Home-buyers ready for rates news
May 5, 2009 - 9:42AM
Home-buyers are unlikely to enjoy any further mortgage relief when the Reserve Bank of Australia announces its decision on interest rates this afternoon.
Experts are predicting the central bank's board will leave the official cash rate - which stands at 3%, the lowest since the 1960s - unchanged after last month's quarter-of-a-percentage-point cut and the March meeting's decision to keep rates on hold.
Interest rates: could they fall?
Most economists agree the RBA will not alter the official cash rate today but there is a dissenting voice, says Business Day reporter Chris Zappone.
Today's decision will follow yesterday's news that home prices slumped the most on record in the 12 months to March.

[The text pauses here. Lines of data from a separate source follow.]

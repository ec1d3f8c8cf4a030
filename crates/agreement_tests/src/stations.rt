//! Stations A and B of a group, each told by the frames that it hears and sends and by what
//! changes. What A sends is what B hears, and the other way round.

use crate::station_frames::*;
use AssociationNumber::{An0, An2, An3};
use DropReason::{Check, CkName, Refused, Unspelled};
use PeerRefusal::{Echo, OldNumber, PeersFull};
use Refusal::{Agility, NotMka, Repeated, Shape, Short};
use Step::{Drops, Fills, Hears, Holds, Restarts, Spends, Ticks};
use Suite::{GcmAes128, GcmAes256};
use Told::{Began, Dropped, Elected, Installed, Lost, Untaken};
use Verdict::{Unvouched, Vouched};
use Who::{A, B};
use aes_block::Secret;
use aes_cmac::cmac;
use lan_base::{AssociationNumber, Blocks, CountDraws, Draws, KeyId, ListDraws, Mi, Sci, Suite};
use mka_kdf::Group;
use mka_station::{Config, DropReason, Reaction, Station, TickError, Verdict};
use mkpdu_codec::Refusal;
use peer_lists::PeerRefusal;
use sak_exchange::{Cause, Change, HeldKey, Key, Rekey, Seen, Why};
use std::alloc::Global;
use std::process::Abort;

/// A station, with the identifier 1 or 2.
#[derive(Clone, Copy)]
enum Who {
    A,
    B,
}

/// What changes in an event: the server, by the last octet of its identifier, and keys, by their
/// number.
#[derive(Clone, Copy, PartialEq, Eq)]
enum Told {
    Elected(u8),
    Lost,
    Dropped(u32),
    Retired(u32),
    Began(u32, Cause),
    /// The number, the association number and the epoch.
    Installed(u32, AssociationNumber, u32),
    Untaken(u32, Why),
}

/// An event at a station, and what it then does.
#[derive(Clone, Copy)]
enum Step {
    /// A tick that is shown this next number; what changes, and the frame that is sent, or none.
    Ticks(u64, &'static [Told], &'static str),
    /// A tick that is refused, since it makes a key and one draw is left.
    Spends,
    /// A frame is heard and accepted; as what, and what changes.
    Hears(&'static str, Verdict, &'static [Told]),
    /// A frame is heard and dropped, and nothing changes.
    Drops(&'static str, DropReason),
    /// The station starts again under this identifier; what changes.
    Restarts(u8, &'static [Told]),
    /// It holds these keys, and transmits under the last one.
    Holds([Option<HeldKey>; 3]),
    /// It hears so many other members that it cannot remember one more.
    Fills,
}

/// What a station that makes keys of a suite does, once it has met the other one.
#[derive(Clone, Copy)]
struct Case {
    name: &'static str,
    who: Who,
    suite: Suite,
    steps: &'static [Step],
}

/// The draw that is this number.
fn drawn(number: u8) -> [u8; 16] {
    u128::from(number).to_be_bytes()
}

/// The member identifier that is this number.
fn mi(number: u8) -> Mi {
    Mi([0, 0, 0, 0, 0, 0, 0, 0, 0, 0, 0, number])
}

/// The group of the frames.
fn group(rt: &impl Abort, alloc: Global) -> Group {
    let cak: u128 = 0x000102030405060708090a0b0c0d0e0f;
    Group::of(alloc, Secret::S128(cak.to_be_bytes()), &[1, 2, 3, 4]).expect(rt, "a group")
}

/// A station that makes keys of this suite.
fn station(rt: &impl Abort, alloc: Global, who: Who, suite: Suite) -> Station {
    let (number, channel, priority) = match who {
        A => (1, 0x0a, 16),
        B => (2, 0x0b, 32),
    };
    let config = Config {
        sci: Sci([2, 0, 0, 0, 0, channel, 0, 1]),
        priority,
        rekey: Rekey {
            from: 3221225472,
            as_old: false,
        },
        conf: true,
        early_flag: false,
        group: group(rt, alloc),
        suite,
    };
    Station::start(alloc, config, 0, drawn(number)).expect(rt, "memory")
}

/// What is told of a key.
fn summary(change: &Change) -> Told {
    match change {
        Change::Dropped(held) => Dropped(held.key.id.number),
        Change::Retired(held) => Told::Retired(held.key.id.number),
        Change::Began { key, cause } => Began(key.key.id.number, *cause),
        Change::Installed(held) => Installed(held.key.id.number, held.key.an, held.key.epoch),
        Change::Untaken { id, why } => Untaken(id.number, *why),
    }
}

/// The server, where it changes, and then the keys.
fn facts(rt: &impl Abort, alloc: Global, reaction: &Reaction) -> Vec<Told> {
    let mut told = Vec::new(alloc);
    match &reaction.server {
        Some(Some(mi)) => told.push(Elected(mi.0[11])).expect(rt, "memory"),
        Some(None) => told.push(Lost).expect(rt, "memory"),
        None => {}
    }
    for change in reaction.changes.as_slice() {
        told.push(summary(change)).expect(rt, "memory");
    }
    told
}

/// Whether the station told this, and sent this frame, or none.
fn is_told(
    rt: &impl Abort,
    alloc: Global,
    reaction: &Reaction,
    wanted: &[Told],
    frame: &str,
) -> bool {
    let told = facts(rt, alloc, reaction);
    let octets = hex::decode(alloc, frame).expect(rt, "octets");
    let sent = match &reaction.sent {
        Some(sent) => sent.as_slice(),
        None => &[],
    };
    told.as_slice() == wanted && sent == octets.as_slice()
}

/// What frames were seen at a tick.
fn seen(next: u64) -> Seen {
    Seen {
        next,
        latest: 1,
        old: 1,
    }
}

/// A tick, where 3 is drawn next.
fn tick(rt: &impl Abort, station: &mut Station, next: u64) -> Reaction {
    let mut draws = CountDraws::new();
    assert!(rt; draws.draw().is_some() && draws.draw().is_some());
    assert!(rt; station.has_room());
    station.tick(&seen(next), &mut draws).expect(rt, "memory")
}

/// Whether a tick is refused where one draw is left.
fn is_refused(rt: &impl Abort, alloc: Global, station: &mut Station) -> bool {
    let mut values = Blocks::new(alloc);
    values.push(drawn(3)).expect(rt, "memory");
    assert!(rt; station.has_room());
    let ticked = station.tick(&seen(0), &mut ListDraws::of(values));
    matches!(ticked, Err(TickError::DrawsSpent))
}

/// A frame is heard.
fn hear(rt: &impl Abort, station: &mut Station, frame: &[u8]) -> Reaction {
    assert!(rt; station.has_room());
    station.hear(frame).expect(rt, "memory")
}

/// Whether a tick comes to this.
fn ticks(
    rt: &impl Abort,
    alloc: Global,
    station: &mut Station,
    next: u64,
    wanted: &[Told],
    frame: &str,
) -> bool {
    let reaction = tick(rt, station, next);
    reaction.heard.is_none() && is_told(rt, alloc, &reaction, wanted, frame)
}

/// Whether the hearing of a frame comes to this.
fn hears(
    rt: &impl Abort,
    alloc: Global,
    station: &mut Station,
    frame: &str,
    verdict: Verdict,
    wanted: &[Told],
) -> bool {
    let octets = hex::decode(alloc, frame).expect(rt, "octets");
    let reaction = hear(rt, station, &octets);
    reaction.heard == Some(verdict) && is_told(rt, alloc, &reaction, wanted, "")
}

/// Whether a restart under this identifier comes to this.
fn restarts(
    rt: &impl Abort,
    alloc: Global,
    station: &mut Station,
    number: u8,
    wanted: &[Told],
) -> bool {
    let reaction = station.restart(drawn(number)).expect(rt, "memory");
    let told = reaction.heard.is_none() && is_told(rt, alloc, &reaction, wanted, "");
    told && *station.mi() == mi(number)
}

/// Whether the station holds these keys, and transmits under the last one.
fn holds(station: &Station, keys: &[Option<HeldKey>; 3]) -> bool {
    let [latest, old, transmitting] = keys;
    station.latest() == *latest && station.old() == *old && station.transmitting() == *transmitting
}

/// A1 with its member, its channel and its check value left out.
const HELLO: [u8; 70] = [
    0x01, 0x80, 0xc2, 0, 0, 3, 2, 0, 0, 0, 0, 0x0a, 0x88, 0x8e, 3, 5, 0, 0x34, 1, 0x10, 0x60, 0x20,
    2, 0, 0, 0, 0, 0, 0, 1, 0, 0, 0, 0, 0, 0, 0, 0, 0, 0, 0, 0, 0, 0, 0, 1, 0, 0x80, 0xc2, 1, 1, 2,
    3, 4, 0, 0, 0, 0, 0, 0, 0, 0, 0, 0, 0, 0, 0, 0, 0, 0,
];

/// A1 from another member, under a channel of its own.
fn hello(ick: &aes_block::Key, member: u8) -> [u8; 70] {
    let mut octets = HELLO;
    octets[27] = member;
    octets[41] = member;
    let check = cmac(ick, &octets[..54]);
    octets[54..].copy_from_slice(&check);
    octets
}

/// What becomes of the first announcement of a member.
fn meets(
    rt: &impl Abort,
    station: &mut Station,
    ick: &aes_block::Key,
    member: u8,
) -> Option<Verdict> {
    hear(rt, station, &hello(ick, member)).heard
}

/// Whether the station, which knows one other member, remembers 64 and no more.
fn fills(rt: &impl Abort, alloc: Global, station: &mut Station) -> bool {
    let Group { ick, .. } = group(rt, alloc);
    for member in 100..163 {
        if meets(rt, station, &ick, member) != Some(Unvouched) {
            return false;
        }
    }
    meets(rt, station, &ick, 163) == Some(Verdict::Dropped(Refused(PeersFull)))
}

/// Whether a step comes to what it tells.
fn play(rt: &impl Abort, alloc: Global, station: &mut Station, step: &Step) -> bool {
    match step {
        Ticks(next, told, frame) => ticks(rt, alloc, station, *next, told, frame),
        Spends => is_refused(rt, alloc, station),
        Hears(frame, verdict, told) => hears(rt, alloc, station, frame, *verdict, told),
        Drops(frame, why) => hears(rt, alloc, station, frame, Verdict::Dropped(*why), &[]),
        Restarts(number, told) => restarts(rt, alloc, station, *number, told),
        Holds(keys) => holds(station, keys),
        Fills => fills(rt, alloc, station),
    }
}

/// Plays the steps of a part of a life; each gives what it says.
fn plays(rt: &impl Abort, alloc: Global, station: &mut Station, name: &str, steps: &[Step]) {
    for (at, step) in steps.iter().enumerate() {
        assert!(rt; play(rt, alloc, station, step), "{name}: step {at}");
    }
}

/// Plays the life of a station that meets the other one first.
fn lives(rt: &impl Abort, alloc: Global, case: &Case) {
    let mut station = station(rt, alloc, case.who, case.suite);
    let meeting: &[Step] = match case.who {
        A => &A_MEETS,
        B => &B_MEETS,
    };
    plays(rt, alloc, &mut station, "meeting", meeting);
    plays(rt, alloc, &mut station, case.name, case.steps);
}

/// A hears B and is elected.
const A_MEETS: [Step; 4] = [
    Ticks(0, &[], A1),
    Hears(B1, Unvouched, &[]),
    Ticks(0, &[], A2),
    Hears(B2, Vouched, &[Elected(1)]),
];

/// B hears A and elects it.
const B_MEETS: [Step; 4] = [
    Ticks(0, &[], B1),
    Hears(A1, Unvouched, &[]),
    Ticks(0, &[], B2),
    Hears(A2, Vouched, &[Elected(1)]),
];

/// The first key: A makes it of the third draw, and each holds it under its own first epoch.
const FIRST: Key = Key {
    id: KeyId {
        server: Mi([0, 0, 0, 0, 0, 0, 0, 0, 0, 0, 0, 1]),
        number: 1,
    },
    an: An0,
    sak: Secret::S128([0, 0, 0, 0, 0, 0, 0, 0, 0, 0, 0, 0, 0, 0, 0, 3]),
    conf: true,
    epoch: 1,
};

const FIRST_BEGUN: HeldKey = HeldKey {
    key: FIRST,
    begun: true,
};

const SHARING: [Case; 2] = [
    Case {
        name: "A makes the first key, and begins it when B reports it",
        who: A,
        suite: GcmAes128,
        steps: &[
            Ticks(0, &[Installed(1, An0, 1)], A3),
            Hears(B3, Vouched, &[]),
            Ticks(0, &[], ""),
            Hears(B4, Vouched, &[]),
            Ticks(0, &[Began(1, Cause::All)], A4),
            Ticks(1, &[], ""),
            Hears(B5, Vouched, &[]),
            Holds([Some(FIRST_BEGUN), None, Some(FIRST_BEGUN)]),
        ],
    },
    Case {
        name: "B takes the first key, and begins it when A does",
        who: B,
        suite: GcmAes128,
        steps: &[
            Ticks(0, &[], B3),
            Hears(A3, Vouched, &[Installed(1, An0, 1)]),
            Ticks(0, &[], B4),
            Ticks(0, &[], ""),
            Hears(A4, Vouched, &[Began(1, Cause::Flag)]),
            Ticks(1, &[], B5),
            Holds([Some(FIRST_BEGUN), None, Some(FIRST_BEGUN)]),
        ],
    },
];

/// Nothing that A said before gives B a key.
const STARTING_AGAIN: Case = Case {
    name: "B takes the first key, begins it and starts again",
    who: B,
    suite: GcmAes128,
    steps: &[
        Ticks(0, &[], B3),
        Hears(A3, Vouched, &[Installed(1, An0, 1)]),
        Ticks(0, &[], B4),
        Hears(A4, Vouched, &[Began(1, Cause::Flag)]),
        Restarts(4, &[Lost, Dropped(1)]),
        Hears(A1, Unvouched, &[]),
        Hears(A2, Unvouched, &[]),
        Hears(A3, Unvouched, &[Untaken(1, Why::NotListed)]),
        Hears(A4, Unvouched, &[]),
        Drops(A3, Refused(OldNumber { kept: 4 })),
        Holds([None; 3]),
    ],
};

const DROPPING: Case = Case {
    name: "B drops frames for the first reason",
    who: B,
    suite: GcmAes128,
    steps: &[
        Drops(OTHER_TYPE, Unspelled(NotMka)),
        Drops(CUT, Unspelled(Short)),
        Drops(ODD, Unspelled(Shape { at: 54 })),
        Drops(TWICE, Unspelled(Repeated { kind: 1 })),
        Drops(OTHER_AGILITY, Unspelled(Agility)),
        Drops(OTHER_NAME, CkName),
        Drops(OTHER_END, Check),
        Drops(OTHER_SOURCE, Check),
        Drops(B1, Refused(Echo)),
        Drops(OWN_MI, Refused(Echo)),
        Drops(OWN_SCI, Refused(Echo)),
        Drops(A1, Refused(OldNumber { kept: 2 })),
        Drops(A2, Refused(OldNumber { kept: 2 })),
    ],
};

const TAKING: Case = Case {
    name: "B is offered keys that it does not take, and some that it takes",
    who: B,
    suite: GcmAes128,
    steps: &[
        Hears(HOPING, Vouched, &[Untaken(1, Why::NotListed)]),
        Hears(THIRD, Vouched, &[Untaken(1, Why::NotServer)]),
        Hears(OTHER_SUITE, Vouched, &[Untaken(1, Why::Suite)]),
        Hears(OFFSET_30, Vouched, &[Untaken(1, Why::Offset)]),
        Hears(OFFSET_50, Vouched, &[Untaken(1, Why::Offset)]),
        Hears(OTHER_WRAP, Vouched, &[Untaken(1, Why::Wrap)]),
        Hears(KEY_1, Vouched, &[Installed(1, An2, 1)]),
        Hears(KEY_1_AGAIN, Vouched, &[Untaken(1, Why::Seen { kept: 1 })]),
        Hears(
            KEY_2_BEGINS,
            Vouched,
            &[Dropped(1), Installed(2, An2, 2), Began(2, Cause::Flag)],
        ),
        Hears(KEY_3, Vouched, &[Installed(3, An3, 3)]),
        Hears(
            KEY_3_BEGINS,
            Vouched,
            &[Untaken(3, Why::Seen { kept: 3 }), Began(3, Cause::Flag)],
        ),
        Hears(KEY_4, Vouched, &[Untaken(4, Why::Retiring)]),
    ],
};

/// The first key, where it is one of 256 bits.
const LONG: HeldKey = HeldKey {
    key: Key {
        sak: Secret::S256([
            0, 0, 0, 0, 0, 0, 0, 0, 0, 0, 0, 0, 0, 0, 0, 3, 0, 0, 0, 0, 0, 0, 0, 0, 0, 0, 0, 0, 0,
            0, 0, 4,
        ]),
        ..FIRST
    },
    begun: false,
};

const LONG_KEYS: [Case; 2] = [
    Case {
        name: "A makes a key of 256 bits, which takes two draws",
        who: A,
        suite: GcmAes256,
        steps: &[Spends, Ticks(0, &[Installed(1, An0, 1)], LONG_KEY)],
    },
    Case {
        name: "B takes it",
        who: B,
        suite: GcmAes256,
        steps: &[
            Hears(LONG_KEY, Vouched, &[Installed(1, An0, 1)]),
            Holds([Some(LONG), None, None]),
        ],
    },
];

const FULL: Case = Case {
    name: "B remembers 64 other members and no more",
    who: B,
    suite: GcmAes128,
    steps: &[Fills],
};

#[test]
fn stations_hear_and_tick(rt: HostRuntime) {
    for case in &SHARING {
        lives(&rt, rt.alloc(), case);
    }
    for case in &LONG_KEYS {
        lives(&rt, rt.alloc(), case);
    }
    for case in [&STARTING_AGAIN, &DROPPING, &TAKING, &FULL] {
        lives(&rt, rt.alloc(), case);
    }
}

Australian Bureau of Statistics data showed 6.7% was shaved from house prices across the nation in that time, from a downwardly revised 3.9% fall in the 12 months ending December 31.
Economists are tipping board members will take a wait-and-see approach as the effects of the Federal Government's stimulus packages becomes more clear, and ahead of details of next week's federal budget.
"There have been tentative signs economies are at least stabilising," said Michael Turner from economic consultancy 4Cast. "The pace of decline has definitely slowed at most of our major trading partners.
"And the RBA has expressed the desire to observe the impact of the rate cuts they’ve already done and also the fiscal stimulus that already been applied."
Since September, the RBA has lopped 425 basis points from interest rates in a bid to keep the economy from slipping into reverse. Since then, repayments on a $400,000 mortgage have fallen by about $1000 a month.
Financial markets are pricing in a one-in-five chance of a 25-basis-point cut from the RBA today, Credit Suisse data shows.
While economists and financial markets see little chance of another cut today there is talk the key rate could come down to as low as 2% by the end of the year.